Saved entries:

※

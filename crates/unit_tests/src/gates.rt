//! A list of entries that fits the history it holds, under a gate.
ghost use Rattle.std.specs.Prelude.{◌≡◌, ◌≢◌, ℕ, ◌+◌, ◌^◌, ◌<◌, ◌==◌, true, false, length, slice_index_or, All, List, [], ◌∷◌, ◌++◌, map, OnOk, OnErr, IfOk};
ghost use Rattle.std.specs.List.{filter, range_with_len, AllByRecursion};
ghost use Rattle.seat_gate.specs.History.{HasMade};
ghost use Rattle.seat_gate.specs.Words.{gate_of, gate_id, shown};
ghost use Rattle.seat_gate.specs.Standing.{IsReady, stand_at, stand_view};
ghost use Rattle.seat_gate.specs.Working.{IsSeated, KeepsPlace, view_in};

use seat_gate::{Entry, Gate, Held, Kept, Seat, Stand, Worker};
use std::alloc::{AllocError, Global};
use std::sync::Wait;
use std::test::*;
use std::thread;
use std::thread::Threads;

#[derive(Drop)]
struct Listed {
    entries: Vec<Entry>,
}

impl Kept for Listed {
    ghost spelled = { λ list. map (λ e. e.seat ∷ e.note ∷ []) list.entries.items };

    ghost fits = { λ list opened log. list.entries.items ≡ map shown log };
}

impl Listed {
    fn add(&mut self, entry: Entry) -> Result<(), AllocError>
        ensures ok { OnOk result (self.new.entries.items ≡ self.old.entries.items ++ entry ∷ []) }
        ensures err { OnErr result (self.new.entries.items ≡ self.old.entries.items) }
    {
        self.entries.push(entry)?;
        Ok(())
    }
}

/// The number of the worker's seat, and whether it lacked memory.
#[derive(Drop)]
struct Task {
    number: u32,
    is_short: bool,
}

// A turn that adds an entry; or none where there is no memory, and then the value stays kept.
fn mark<R: Wait>(rt: &R, stand: &mut Stand<'_, Listed>, number: u32, note: u64) -> bool
    requires ready { IsReady (λ (list : Listed) opened log. list.entries.items ≡ map shown log) stand.old }
    requires numbered { (stand_view stand.old).number ≡ number }
    ensures ready { IsReady (λ (list : Listed) opened log. list.entries.items ≡ map shown log) stand.new }
    ensures same { stand_at stand.new ≡ stand_at stand.old }
    ensures keeps { KeepsPlace (stand_view stand.old) (stand_view stand.new) }
    ensures made { result ≡ true → map shown (stand_view stand.new).made ≡ map shown (stand_view stand.old).made ++ record { seat = number; note = note } ∷ [] }
{
    let mut held = stand.take(rt);
    match held.value().add(Entry { seat: number, note }) {
        Ok(()) => {
            stand.sit(held.leave_marked(note));
            true
        }
        Err(_) => {
            stand.keep(held);
            false
        }
    }
}

// So many turns, with the notes 0, 1 and so on; whether there was memory for all.
fn mark_all<R: Wait>(rt: &R, stand: &mut Stand<'_, Listed>, number: u32, turns: u64) -> bool
    requires ready { IsReady (λ (list : Listed) opened log. list.entries.items ≡ map shown log) stand.old }
    requires numbered { (stand_view stand.old).number ≡ number }
    ensures ready { IsReady (λ (list : Listed) opened log. list.entries.items ≡ map shown log) stand.new }
    ensures same { stand_at stand.new ≡ stand_at stand.old }
    ensures keeps { KeepsPlace (stand_view stand.old) (stand_view stand.new) }
    ensures made { result ≡ true → map shown (stand_view stand.new).made ≡ map shown (stand_view stand.old).made ++ map (λ note. record { seat = number; note = note }) (range_with_len 0 turns) }
{
    for note in 0..turns {
        if !mark(rt, stand, number, note) {
            return false;
        }
    }
    true
}

fn work<R: Wait>(rt: &R, gate: &Gate<Listed>, worker: &mut Worker<Task>, turns: u64)
    requires seated { IsSeated (gate_id gate.now) worker.old.seat }
    requires numbered { (view_in worker.old.seat).number ≡ worker.old.work.number }
    requires own { HasMade (view_in worker.old.seat) }
    ensures seated { IsSeated (gate_id gate.now) worker.new.seat }
    ensures keeps { KeepsPlace (view_in worker.old.seat) (view_in worker.new.seat) }
    ensures made { worker.new.work.is_short ≡ false → map shown (view_in worker.new.seat).made ≡ map shown (view_in worker.old.seat).made ++ map (λ note. record { seat = worker.old.work.number; note = note }) (range_with_len 0 turns) }
{
    let seat = worker.seat.take().unwrap();
    let mut stand = Stand::new(gate, seat);
    worker.work.is_short = !mark_all(rt, &mut stand, worker.work.number, turns);
    worker.seat = Some(stand.into_seat());
}

fn work_all<R: Threads + Wait + Sync>(
    rt: &R,
    gate: &Gate<Listed>,
    workers: Vec<Worker<Task>>,
    turns: u64,
) -> Vec<Worker<Task>>
    requires seated { All (λ (w : Worker Task). IsSeated (gate_id gate.now) w.seat) workers.items }
    requires numbered { All (λ (w : Worker Task). (view_in w.seat).number ≡ w.work.number) workers.items }
    requires own { All (λ (w : Worker Task). HasMade (view_in w.seat)) workers.items }
    ensures many { length result.items ≡ length workers.items }
    ensures seated { All (λ (w : Worker Task). IsSeated (gate_id gate.now) w.seat) result.items }
    ensures keeps { (k : ℕ) (d : Worker Task) → k < length workers.items → KeepsPlace (view_in (slice_index_or workers.items k d).seat) (view_in (slice_index_or result.items k d).seat) }
    ensures made { (k : ℕ) (d : Worker Task) → k < length workers.items → (slice_index_or result.items k d).work.is_short ≡ false → map shown (view_in (slice_index_or result.items k d).seat).made ≡ map shown (view_in (slice_index_or workers.items k d).seat).made ++ map (λ note. record { seat = (slice_index_or workers.items k d).work.number; note = note }) (range_with_len 0 turns) }
{
    let mut workers = workers;
    let one = |_: usize, worker: &mut Worker<Task>|
        requires seated { IsSeated (gate_id gate.now) worker.now.seat }
        requires numbered { (view_in worker.now.seat).number ≡ worker.now.work.number }
        requires own { HasMade (view_in worker.now.seat) }
        ensures seated { IsSeated (gate_id gate.entry.now) worker.exit.now.seat }
        ensures keeps { KeepsPlace (view_in worker.entry.now.seat) (view_in worker.exit.now.seat) }
        ensures made { worker.exit.now.work.is_short ≡ false → map shown (view_in worker.exit.now.seat).made ≡ map shown (view_in worker.entry.now.seat).made ++ map (λ note. record { seat = worker.entry.now.work.number; note = note }) (range_with_len 0 turns) }
    { work(rt, gate, worker, turns) };
    thread::for_each_mut(rt, &mut workers, 64, &one);
    workers
}

fn tasks(alloc: Global, count: u32) -> Result<Vec<Task>, AllocError>
    requires { count + 1 < 2 ^ 32 }
    ensures many { IfOk result (λ tasks. length tasks.items ≡ count) }
    ensures numbers { IfOk result (λ tasks. (k : ℕ) (d : Task) → k < count → (slice_index_or tasks.items k d).number ≡ k + 1) }
{
    let mut tasks = Vec::new(alloc);
    for before in 0..count {
        tasks.push(Task {
            number: before + 1,
            is_short: false,
        })?;
    }
    Ok(tasks)
}

fn had_memory(workers: &[Worker<Task>]) -> bool
    ensures { result ≡ true → All (λ (w : Worker Task). w.work.is_short ≡ false) workers.now }
{
    workers.iter().all(|w| !w.work.is_short)
}

// The list that a gate keeps while so many threads take so many turns each.
fn at_work<R: Threads + Wait + Sync>(
    rt: &R,
    alloc: Global,
    count: u32,
    turns: u64,
) -> Result<Vec<Entry>, AllocError>
    requires { count + 1 < 2 ^ 32 }
    ensures each { IfOk result (λ list. (k : ℕ) → k < count → filter (λ (e : Entry). e.seat == k + 1) list.items ≡ map (λ note. record { seat = k + 1; note = note }) (range_with_len 0 turns)) }
    ensures known { IfOk result (λ list. AllByRecursion (λ (e : Entry). (e.seat ≢ 0) × (e.seat < count + 1)) list.items) }
{
    let entries = Vec::new(alloc);
    let (gate, mut first) = Gate::open(alloc, Listed { entries })?;
    let works = tasks(alloc, count)?;
    let ready = gate.seat_workers(alloc, &mut first, works)?;
    let mut workers = work_all(rt, &gate, ready, turns);
    let is_done = had_memory(&workers);
    let list = gate.close_all(first, &mut workers);
    if !is_done {
        return Err(AllocError);
    }
    Ok(list.entries)
}

fn notes_of(alloc: Global, entries: &[Entry], seat: u32) -> Result<Vec<u64>, AllocError> {
    entries
        .iter()
        .filter(|e| e.seat == seat)
        .map(|e| e.note)
        .collect(alloc)
}

// The list that a gate keeps through one turn of its second seat.
fn one_turn<R: Wait>(rt: &R, alloc: Global, marks: bool) -> Result<Vec<Entry>, AllocError> {
    let entries = Vec::new(alloc);
    let (gate, mut first) = Gate::open(alloc, Listed { entries })?;
    let seat = gate.split(alloc, &mut first)?;
    let mut held = gate.enter(rt, seat);
    let added = marks && held.value().add(Entry { seat: 1, note: 7 }).is_ok();
    let seat = if added {
        held.leave_marked(7)
    } else {
        held.leave()
    };
    let last = gate.rejoin(first, seat);
    Ok(gate.close(last).entries)
}

fn moves<T: Send>() {}

fn crosses<T: Send + Sync>() {}

// A gate is shared among threads; a seat, the value and a stand are handed from thread to thread.
fn gate_crosses<'a, T: Kept + Send + 'a>() {
    crosses::<Gate<T>>();
    moves::<Seat>();
    moves::<Held<'a, T>>();
    moves::<Stand<'a, T>>();
    moves::<Worker<u64>>();
}

#[test]
fn a_turn_leaves_its_entry_where_it_is_marked(rt: HostRuntime) -> Result<(), Fail> {
    gate_crosses::<Listed>();
    let marked = one_turn(&rt, rt.alloc(), true)?;
    assert_eq!(rt; marked.len(), 1);
    assert!(rt; marked[0] == Entry { seat: 1, note: 7 });
    assert!(rt; one_turn(&rt, rt.alloc(), false)?.is_empty());
    Ok(())
}

#[test]
fn a_hundred_threads_add_each_in_its_own_order(rt: HostRuntime) -> Result<(), Fail> {
    let entries = at_work(&rt, rt.alloc(), 100, 40)?;
    assert_eq!(rt; entries.len(), 4000);
    let rising: Vec<u64> = (0..40u64).collect(rt.alloc())?;
    for seat in 1..101u32 {
        let notes = notes_of(rt.alloc(), &entries, seat)?;
        assert!(rt; notes.as_slice() == rising.as_slice());
    }
    Ok(())
}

※

Problem to work on: Could you retype exactly the lines above, starting at the line that contains "fn at_work<R: Threads" and ending at the line that contains "let works = tasks(alloc, count)?;", and nothing more?

Answer to the exercise:
fn at_work<R: Threads + Wait + Sync>(
    rt: &R,
    alloc: Global,
    count: u32,
    turns: u64,
) -> Result<Vec<Entry>, AllocError>
    requires { count + 1 < 2 ^ 32 }
    ensures each { IfOk result (λ list. (k : ℕ) → k < count → filter (λ (e : Entry). e.seat == k + 1) list.items ≡ map (λ note. record { seat = k + 1; note = note }) (range_with_len 0 turns)) }
    ensures known { IfOk result (λ list. AllByRecursion (λ (e : Entry). (e.seat ≢ 0) × (e.seat < count + 1)) list.items) }
{
    let entries = Vec::new(alloc);
    let (gate, mut first) = Gate::open(alloc, Listed { entries })?;
    let works = tasks(alloc, count)?;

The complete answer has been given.